Instructions to follow:
Type out the entries again, matching each one exactly.

[Items from a data source]
┄┄┄┄┄┄┄┄┄┄
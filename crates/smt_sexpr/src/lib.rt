//! S-expressions (SMT-LIB 2.6, section 3.2) over the tokens of `smt_lex`, in a flat table.
//!
//! [`Sexprs`] reads the s-expressions of a text one by one, gives their parts, and prints them. A
//! symbol has the same bytes with bars and without. Lists may stand in one another as deep as memory
//! allows: nothing here is recursive. Reading takes time linear in the bytes, printing in the text.
//!
//! `specs/Reading.antt` has the grammar and the refusals, `specs/Table.antt` says what an id stands
//! for, `specs/Printing.antt` how it is written, and `specs/Commands.antt` what a whole text holds.
//! The laws: [`one_outcome`] and [`one_value`], [`one_meaning`] and [`meaning_stays`], and that what
//! is written is read again ([`reads_back`]), which all that is read and all that stands in a table
//! can be ([`read_is_writable`], [`meaning_is_writable`]).
#![tactic(auto)]

mod error;
mod laws;
mod node;
mod printer;
mod reader;
mod sexprs;
mod text;

pub use error::{SexprError, SexprRefusal};
pub use laws::{
    meaning_is_writable, meaning_stays, one_meaning, one_outcome, one_value, read_is_writable,
    reads_back, reads_on,
};
pub use node::{Node, SexprId};
pub use sexprs::Sexprs;
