//! One short run of each public call that takes memory and that no script reaches, with ample memory: of nets, cycles, pruning,
//! references of steps, lemmas that are carried over, and the checker of whole refutations.
#![tactic(auto)]

#[cfg(test)]
mod carried;
#[cfg(test)]
mod cycles;
#[cfg(test)]
mod lemmas;
#[cfg(test)]
mod nets;
#[cfg(test)]
mod steps;
#[cfg(test)]
mod wide;
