ghost use Rattle.std.specs.Prelude.{◌≡◌};
ghost use Rattle.stn_core.specs.Literal.{IsOver};

use inc_paths::Network;
use prune_rules::{Fate, forward_check, is_subsumed};
use std::alloc::{AllocError, Global};
use std::test::Fail;
use stn_core::{Added, Clause, Literal, Literals, Net, RoundsNet, Value};

const FIRST: Literal = Literal { x: 1, y: 2, c: -1 };

const SECOND: Literal = Literal { x: 2, y: 1, c: -1 };

fn length_of(cycle: &Literals) -> usize {
    cycle.as_slice().len()
}

fn value_of<N: Net>(net: &N, point: usize) -> Value {
    net.schedule().get(point).copied().unwrap_or(9)
}

/// The values of point 1 after the first literal and after a retraction, and the length of the cycle between.
fn moves<N: Net>(net: &mut N) -> Result<(Value, usize, Value), AllocError>
    requires { N.points_of net.old ≡ 3 }
{
    let start = net.mark();
    net.add(FIRST)?;
    let lowered = value_of(net, 1);
    let length = match net.add(SECOND)? {
        Added::Yes => 0,
        Added::Cycle(cycle) => length_of(&cycle),
    };
    if start.length <= net.mark().length {
        net.retract(start);
    }
    Ok((lowered, length, value_of(net, 1)))
}

#[test]
fn both_nets(rt: HostRuntime) -> Result<(), Fail> {
    let alloc = rt.alloc();
    let plain = moves(&mut RoundsNet::new(alloc, 3)?)?;
    let fast = moves(&mut Network::new(alloc, 3)?)?;
    assert_eq!(rt; (plain, fast), ((-1, 2, 0), (-1, 2, 0)));
    Ok(())
}

/// The lengths of the cycles that the two literals of a clause close, and 0 for one that is live.
fn fates<N: Net>(alloc: Global, net: &mut N) -> Result<(usize, usize, usize), AllocError>
    requires { N.points_of net.old ≡ 3 }
{
    let literals = [Literal { x: 2, y: 1, c: 0 }, Literal { x: 2, y: 1, c: 1 }];
    let fates = forward_check(alloc, net, &Clause::new(literals.to_vec(alloc)?))?;
    let mut lengths = (0, 0, fates.as_slice().len());
    if let Some(Fate::Dead(cycle)) = fates.as_slice().first() {
        lengths.0 = length_of(cycle);
    }
    if let Some(Fate::Dead(cycle)) = fates.as_slice().last() {
        lengths.1 = length_of(cycle);
    }
    Ok(lengths)
}

/// The place of the first literal that the net implies, of those that bound a difference by each of these.
fn implied<N: Net>(
    alloc: Global,
    net: &mut N,
    first: Literal,
    second: Literal,
) -> Result<Option<usize>, AllocError>
    requires points { N.points_of net.old ≡ 3 }
    requires first { IsOver 3 first }
    requires second { IsOver 3 second }
    ensures { N.points_of net.new ≡ N.points_of net.old }
{
    let clause = Clause::new([first, second].to_vec(alloc)?);
    match is_subsumed(net, &clause)? {
        None => Ok(None),
        Some(subsumed) => Ok(Some(subsumed.place)),
    }
}

#[test]
fn clauses_over_a_net(rt: HostRuntime) -> Result<(), Fail> {
    let alloc = rt.alloc();
    let mut net = RoundsNet::new(alloc, 3)?;
    net.add(FIRST)?;
    let apart = Literal { x: 2, y: 1, c: 1 };
    let weaker = Literal { x: 1, y: 2, c: 0 };
    let some = implied(alloc, &mut net, apart, weaker)?;
    let none = implied(alloc, &mut net, apart, apart)?;
    let lengths = fates(alloc, &mut net)?;
    assert_eq!(rt; (some, none, lengths), (Some(1), None, (2, 0, 2)));
    Ok(())
}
┄┄┄┄┄┄┄┄┄┄
Response below:
filename crates/smt_sexpr/src/lib.rt
//! S-expressions (SMT-LIB 2.6, section 3.2) over the tokens of `smt_lex`, in a flat table.
//!
//! [`Sexprs`] reads the s-expressions of a text one by one, gives their parts, and prints them. A
//! symbol has the same bytes with bars and without. Lists may stand in one another as deep as memory
//! allows: nothing here is recursive. Reading takes time linear in the bytes, printing in the text.
//!
//! `specs/Reading.antt` has the grammar and the refusals, `specs/Table.antt` says what an id stands
//! for, `specs/Printing.antt` how it is written, and `specs/Commands.antt` what a whole text holds.
//! The laws: [`one_outcome`] and [`one_value`], [`one_meaning`] and [`meaning_stays`], and that what
//! is written is read again ([`reads_back`]), which all that is read and all that stands in a table
//! can be ([`read_is_writable`], [`meaning_is_writable`]).
#![tactic(auto)]

mod error;
mod laws;
mod node;
mod printer;
mod reader;
mod sexprs;
mod text;

pub use error::{SexprError, SexprRefusal};
pub use laws::{
    meaning_is_writable, meaning_stays, one_meaning, one_outcome, one_value, read_is_writable,
    reads_back, reads_on,
};
pub use node::{Node, SexprId};
pub use sexprs::Sexprs;
//! One short run of each public call that takes memory and that no script reaches, with ample memory: of nets, cycles, pruning,
//! references of steps, lemmas that are carried over, and the checker of whole refutations.
#![tactic(auto)]

#[cfg(test)]
mod carried;
#[cfg(test)]
mod cycles;
#[cfg(test)]
mod lemmas;
#[cfg(test)]
mod nets;
#[cfg(test)]
mod steps;
#[cfg(test)]
mod wide;
ghost use Rattle.std.specs.Prelude.{◌≡◌};
ghost use Rattle.stn_core.specs.Literal.{IsOver};

use inc_paths::Network;
use prune_rules::{Fate, forward_check, is_subsumed};
use std::alloc::{AllocError, Global};
use std::test::Fail;
use stn_core::{Added, Clause, Literal, Literals, Net, RoundsNet, Value};

const FIRST: Literal = Literal { x: 1, y: 2, c: -1 };

const SECOND: Literal = Literal { x: 2, y: 1, c: -1 };

fn length_of(cycle: &Literals) -> usize {
    cycle.as_slice().len()
}

fn value_of<N: Net>(net: &N, point: usize) -> Value {
    net.schedule().get(point).copied().unwrap_or(9)
}

/// The values of point 1 after the first literal and after a retraction, and the length of the cycle between.
fn moves<N: Net>(net: &mut N) -> Result<(Value, usize, Value), AllocError>
    requires { N.points_of net.old ≡ 3 }
{
    let start = net.mark();
    net.add(FIRST)?;
    let lowered = value_of(net, 1);
    let length = match net.add(SECOND)? {
        Added::Yes => 0,
        Added::Cycle(cycle) => length_of(&cycle),
    };
    if start.length <= net.mark().length {
        net.retract(start);
    }
    Ok((lowered, length, value_of(net, 1)))
}

#[test]
fn both_nets(rt: HostRuntime) -> Result<(), Fail> {
    let alloc = rt.alloc();
    let plain = moves(&mut RoundsNet::new(alloc, 3)?)?;
    let fast = moves(&mut Network::new(alloc, 3)?)?;
    assert_eq!(rt; (plain, fast), ((-1, 2, 0), (-1, 2, 0)));
    Ok(())
}

/// The lengths of the cycles that the two literals of a clause close, and 0 for one that is live.
fn fates<N: Net>(alloc: Global, net: &mut N) -> Result<(usize, usize, usize), AllocError>
    requires { N.points_of net.old ≡ 3 }
{
    let literals = [Literal { x: 2, y: 1, c: 0 }, Literal { x: 2, y: 1, c: 1 }];
    let fates = forward_check(alloc, net, &Clause::new(literals.to_vec(alloc)?))?;
    let mut lengths = (0, 0, fates.as_slice().len());
    if let Some(Fate::Dead(cycle)) = fates.as_slice().first() {
        lengths.0 = length_of(cycle);
    }
    if let Some(Fate::Dead(cycle)) = fates.as_slice().last() {
        lengths.1 = length_of(cycle);
    }
    Ok(lengths)
}

/// The place of the first literal that the net implies, of those that bound a difference by each of these.
fn implied<N: Net>(
    alloc: Global,
    net: &mut N,
    first: Literal,
    second: Literal,
) -> Result<Option<usize>, AllocError>
    requires points { N.points_of net.old ≡ 3 }
    requires first { IsOver 3 first }
    requires second { IsOver 3 second }
    ensures { N.points_of net.new ≡ N.points_of net.old }
{
    let clause = Clause::new([first, second].to_vec(alloc)?);
    match is_subsumed(net, &clause)? {
        None => Ok(None),
        Some(subsumed) => Ok(Some(subsumed.place)),
    }
}

#[test]
fn clauses_over_a_net(rt: HostRuntime) -> Result<(), Fail> {
    let alloc = rt.alloc();
    let mut net = RoundsNet::new(alloc, 3)?;
    net.add(FIRST)?;
    let apart = Literal { x: 2, y: 1, c: 1 };
    let weaker = Literal { x: 1, y: 2, c: 0 };
    let some = implied(alloc, &mut net, apart, weaker)?;
    let none = implied(alloc, &mut net, apart, apart)?;
    let lengths = fates(alloc, &mut net)?;
    assert_eq!(rt; (some, none, lengths), (Some(1), None, (2, 0, 2)));
    Ok(())
}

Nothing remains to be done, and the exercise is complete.